Personally I wouldn't do it. Its dirty, dangerous, expensive, humiliating and I would think part of the enjoyment of sex would be the fact the other person actually WANTS to do it with you.


----------



## Perfectionist (Mar 19, 2004)

I AM A FEMALE MUCKING UP YOUR GENDER BIASED POLLS.

Please continue with your scheduled programming.


----------



## coldsorehighlighter (Jun 2, 2010)

I wouldn't. I would have a hard time not thinking about what this girl must have gone through to think selling herself for sex would be a good idea.


----------



## drealm (Jul 7, 2009)

Perfectionist said:


> I AM A FEMALE MUCKING UP YOUR GENDER BIASED POLLS.
> 
> Please continue with your scheduled programming.


I'm willing to make a separate poll for females if you really want one. I didn't mean to offed you.

I'm really just looking for the raw numbers.


----------



## Perfectionist (Mar 19, 2004)

No offense at all, I was just being obnoxious.

Seriously, back to your scheduled programming.


----------



## CopadoMexicano (Aug 21, 2004)

Ive used an escort service.


----------



## 2Talkative (Nov 1, 2007)

No thanks...


----------



## bowlingpins (Oct 18, 2008)

No. I can sort of understand though why one would want to. I wish there was a pill to completely eradicate sex drive ... this is such an enormously useless waste of a thing. In the near future hopefully someone will realize this and invent a solution.


----------



## Riles (Jun 28, 2010)

bowlingpins said:


> No. I can sort of understand though why one would want to. I wish there was a pill to completely eradicate sex drive ... this is such an enormously useless waste of a thing. In the near future hopefully someone will realize this and invent a solution.


It's called SSRIs.


----------



## bowlingpins (Oct 18, 2008)

^ They are not foolproof though and don't achieve the "goal" perfectly in everyone or even a majority of people.

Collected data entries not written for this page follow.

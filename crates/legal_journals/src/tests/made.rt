//! Short descriptions of records.

pub use Made::{
    Accept, Ask, AskWide, Commit, Continue, Finish, HelperAnswer, HelperAnswerWide, HelperClose,
    HelperFrontOpen, HelperFrontOpenTwo, HelperOpen, HelperOpenTwo, HelperTask, HelperTaskOf,
    HelperTaskTwo, LateAccept, LeaderAnswer, LeaderAnswerWide, LeaderClose, LeaderFrontOpen,
    LeaderFrontOpenTwo, LeaderOpen, LeaderOpenTwo, LeaderTask, LeaderTaskTwo, Mismatched, Others,
    Small, Start,
};
use dap_bytes::{Bytes, Name, Span};
use dap_messages::{Code, Half, Items, JobNo, Reply, Report, ShareReq, ShareResp, Step, Tagged};
use lane_records::{Answered, Closed, Format, Outcome, Record, StoredTask};
use std::alloc::Global;
use std::test::Fail;
use vdaf_api::{Kind, SealKeys};

/// A job's lane, incarnation and counter.
type Job = (u8, u64, u64);

/// A record of the tests. A name is of one character, and an identifier of one byte, sixteen times.
#[derive(Clone, Copy)]
pub enum Made {
    /// The number of lanes, and its own, in format 1.
    LeaderOpen(u8, u8),
    /// The name and the identifier.
    Accept(u8, u8),
    /// The same at a time that no form has.
    LateAccept(u8, u8),
    /// The name, the job and the identifiers.
    Continue(u8, Job, &'static [u8]),
    /// The job, and the identifiers that were finished and then those that were not.
    Finish(Job, &'static [u8], &'static [u8]),
    /// The name and the start.
    LeaderClose(u8, u64),
    HelperOpen(u8, u8),
    /// The same in format 2.
    LeaderOpenTwo(u8, u8),
    HelperOpenTwo(u8, u8),
    LeaderFrontOpenTwo(u8),
    HelperFrontOpenTwo(u8),
    Start(Job, u8, &'static [u8]),
    Commit(Job, &'static [u8], &'static [u8]),
    HelperClose(u8, u64),
    LeaderFrontOpen(u8),
    /// The name and the precision.
    LeaderTask(u8, u32),
    /// The same of format 2.
    LeaderTaskTwo(u8, u32),
    HelperTaskTwo(u8, u32),
    Ask(u8, u64),
    /// The same for so many buckets.
    AskWide(u8, u64, u8),
    LeaderAnswer(u8, u64),
    LeaderAnswerWide(u8, u64, u8),
    HelperFrontOpen(u8),
    /// The name and the minimum, with a precision of 60.
    HelperTask(u8, u32),
    /// The name and the precision, with a minimum of 1.
    HelperTaskOf(u8, u32),
    /// The name, the start, the number of buckets and the count, with a share.
    HelperAnswerWide(u8, u64, u8, u32),
    /// The same with one bucket.
    HelperAnswer(u8, u64, u32),
    /// A request for one batch and a reply for another, with a share: each with its name, start and number of buckets.
    Mismatched((u8, u64, u8), (u8, u64, u8)),
    /// An answer that there are too few.
    Small(u8, u64),
    /// An answer that there are others.
    Others(u8, u64),
}

/// The record that is described.
pub(super) fn record(alloc: Global, made: Made) -> Result<Record, Fail> {
    match made {
        LeaderFrontOpen(lanes) => Ok(Record::LeaderFrontOpen(Format::One, lanes)),
        LeaderFrontOpenTwo(lanes) => Ok(Record::LeaderFrontOpen(Format::Two, lanes)),
        LeaderTask(of, precision) => Ok(Record::LeaderTask(task(Format::One, of, 1, precision)?)),
        LeaderTaskTwo(of, precision) => {
            Ok(Record::LeaderTask(task(Format::Two, of, 1, precision)?))
        }
        Ask(of, start) => Ok(Record::Ask(name(of)?, batch(start, 1))),
        AskWide(of, start, buckets) => Ok(Record::Ask(name(of)?, batch(start, buckets))),
        LeaderAnswer(of, start) => {
            Ok(Record::LeaderAnswer(name(of)?, batch(start, 1), answered(alloc)))
        }
        LeaderAnswerWide(of, start, buckets) => {
            Ok(Record::LeaderAnswer(name(of)?, batch(start, buckets), answered(alloc)))
        }
        HelperFrontOpen(lanes) => Ok(Record::HelperFrontOpen(Format::One, lanes)),
        HelperFrontOpenTwo(lanes) => Ok(Record::HelperFrontOpen(Format::Two, lanes)),
        HelperTask(of, min) => Ok(Record::HelperTask(task(Format::One, of, min, 60)?)),
        HelperTaskOf(of, precision) => Ok(Record::HelperTask(task(Format::One, of, 1, precision)?)),
        HelperTaskTwo(of, min) => Ok(Record::HelperTask(task(Format::Two, of, min, 60)?)),
        HelperAnswer(of, start, count) => {
            let share = Reply::Share(nothing(alloc));
            answer((of, batch(start, 1)), count, (of, batch(start, 1)), share)
        }
        HelperAnswerWide(of, start, buckets, count) => {
            let share = Reply::Share(nothing(alloc));
            answer(
                (of, batch(start, buckets)),
                count,
                (of, batch(start, buckets)),
                share,
            )
        }
        Mismatched((of, start, buckets), (other, begins, count)) => {
            let share = Reply::Share(nothing(alloc));
            answer(
                (of, batch(start, buckets)),
                9,
                (other, batch(begins, count)),
                share,
            )
        }
        Small(of, start) => {
            let one = batch(start, 1);
            answer((of, one), 9, (of, one), Reply::Small(9))
        }
        Others(of, start) => {
            let one = batch(start, 1);
            answer((of, one), 9, (of, one), Reply::Mismatch(9, [0; 32]))
        }
        _ => lane_record(alloc, made),
    }
}

fn lane_record(alloc: Global, made: Made) -> Result<Record, Fail> {
    match made {
        LeaderOpen(lanes, lane) => Ok(Record::LeaderOpen(Format::One, lanes, lane)),
        LeaderOpenTwo(lanes, lane) => Ok(Record::LeaderOpen(Format::Two, lanes, lane)),
        Accept(of, id) => accepted(alloc, of, id, 10),
        LateAccept(of, id) => accepted(alloc, of, id, 1_000_000_000_000_000_000),
        Continue(of, number, ids) => continued(alloc, of, number, ids),
        Finish(number, finished, failed) => {
            let outs = outcomes(alloc, finished, failed)?;
            Ok(Record::Finish(job(number), outs))
        }
        LeaderClose(of, start) => Ok(Record::LeaderClose(name(of)?, start, closed(alloc))),
        HelperOpen(lanes, lane) => Ok(Record::HelperOpen(Format::One, lanes, lane)),
        HelperOpenTwo(lanes, lane) => Ok(Record::HelperOpen(Format::Two, lanes, lane)),
        Start(number, of, ids) => started(alloc, number, of, ids),
        Commit(number, finished, failed) => {
            let outs = outcomes(alloc, finished, failed)?;
            Ok(Record::Commit(job(number), outs))
        }
        HelperClose(of, start) => Ok(Record::HelperClose(name(of)?, start, closed(alloc))),
        _ => Err("of a front".into()),
    }
}

pub(super) fn name(of: u8) -> Result<Name, Fail> {
    match Name::new(&[of]) {
        Some(name) => Ok(name),
        None => Err("not a name".into()),
    }
}

pub(super) fn job(number: Job) -> JobNo {
    let (lane, incarnation, counter) = number;
    JobNo {
        lane,
        incarnation,
        counter,
    }
}

/// The batch of so many buckets from a start on.
fn batch(start: u64, buckets: u8) -> Span {
    Span { start, buckets }
}

fn nothing(alloc: Global) -> Bytes {
    Bytes::new(Vec::new(alloc))
}

fn accepted(alloc: Global, of: u8, id: u8, time: u64) -> Result<Record, Fail> {
    Ok(Record::Accept(Report {
        name: name(of)?,
        id: [id; 16],
        time,
        public: nothing(alloc),
        leader: nothing(alloc),
        helper: nothing(alloc),
    }))
}

fn continued(alloc: Global, of: u8, number: Job, ids: &[u8]) -> Result<Record, Fail> {
    let name = name(of)?;
    let mut items = Vec::new(alloc);
    for id in ids {
        items.push(Tagged {
            id: [*id; 16],
            body: Step::Continued(nothing(alloc)),
        })?;
    }
    Ok(Record::Continue(name, job(number), Items::new(items)))
}

fn started(alloc: Global, number: Job, of: u8, ids: &[u8]) -> Result<Record, Fail> {
    let name = name(of)?;
    let mut items = Vec::new(alloc);
    for id in ids {
        items.push(Tagged {
            id: [*id; 16],
            body: Half {
                time: 10,
                public: nothing(alloc),
                helper: nothing(alloc),
            },
        })?;
    }
    Ok(Record::Start(job(number), name, Items::new(items)))
}

fn outcomes(alloc: Global, finished: &[u8], failed: &[u8]) -> Result<Items<Outcome>, Fail> {
    let mut items = Vec::new(alloc);
    for id in finished {
        items.push(Tagged {
            id: [*id; 16],
            body: Outcome::Finished(nothing(alloc)),
        })?;
    }
    for id in failed {
        items.push(Tagged {
            id: [*id; 16],
            body: Outcome::Failed(Code::VdafPrepError),
        })?;
    }
    Ok(Items::new(items))
}

fn closed(alloc: Global) -> Closed {
    Closed {
        count: 0,
        rejected: 0,
        checksum: [0; 32],
        share: nothing(alloc),
    }
}

fn answered(alloc: Global) -> Answered {
    Answered {
        count: 0,
        rejected: 0,
        leader: nothing(alloc),
        helper: nothing(alloc),
    }
}

fn task(format: Format, of: u8, min: u32, precision: u32) -> Result<StoredTask, Fail> {
    Ok(StoredTask {
        format,
        name: name(of)?,
        kind: Kind::Count,
        min,
        precision,
        expires: None,
        verify: [0; 16],
        keys: SealKeys {
            enc: [0; 16],
            mac: [0; 16],
        },
    })
}

/// A request with a count, and what was replied.
fn answer(asked: (u8, Span), count: u32, told: (u8, Span), reply: Reply) -> Result<Record, Fail> {
    let request = ShareReq {
        name: name(asked.0)?,
        span: asked.1,
        count,
        checksum: [0; 32],
    };
    let response = ShareResp {
        name: name(told.0)?,
        span: told.1,
        reply,
    };
    Ok(Record::HelperAnswer(request, response))
}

Need a better solution.


----------



## sacred (May 25, 2009)

no.


----------



## LALoner (Dec 3, 2008)

Because we had the same parents my brother is as effed up as me. He once tried to meet with a hoowah but chickened out at the last minute.

He also once placed an ad in the adult services section of Craigslist saying he wanted to hire a "non-pro". The logic of this was never explained to me in a satisfactory way.

Sad truth is both of us are too messed up even for hoowahs.


----------



## nemesis1 (Dec 21, 2009)

Yes.

I used to work a job were i was working away from home and there was a culture amongst the other guys for using prostitutes, so i joined them.


----------



## jane (Jan 30, 2006)

"Used"

Like the way you use a toothbrush, or use a kleenex?


----------



## Duke of Prunes (Jul 20, 2009)

I'd rather do it with somebody who actually matters to me.


----------



## Scrub-Zero (Feb 9, 2004)

never, and never will.


----------



## KumagoroBeam (Sep 15, 2008)

jane said:


> "Used"
> 
> Like the way you use a toothbrush, or use a kleenex?


This is what I thought when I saw the thread title.


----------



## drealm (Jul 7, 2009)

jane said:


> "Used"
> 
> Like the way you use a toothbrush, or use a kleenex?


"Used"

Like:



dictionary said:


> to employ for some purpose; put into service


Would you rather the word "exchange" be in the question?



dictionary said:


> to give up (something) for something else


---

In other news the poll matches my predictions: about 10% yes, 90% no.


----------



## BetaBoy90 (Jan 5, 2010)

I haven't but It's perfectly understandable if others go for it, just for me casual sex is a pretty big turn off, not interested in just screwing somebody.


----------



## jane (Jan 30, 2006)

drealm said:


> Would you rather the word "exchange" be in the question?


Using the services of a person, and using a person, has two different connotations. 
Cheers.


----------



## Whitney (Oct 2, 2008)

Another question would be, if you haven't and you live in an area where it is illegal, would you if it were legal?


----------



## strawberryjulius (Jun 28, 2009)

jane said:


> "Used"
> 
> Like the way you use a toothbrush, or use a kleenex?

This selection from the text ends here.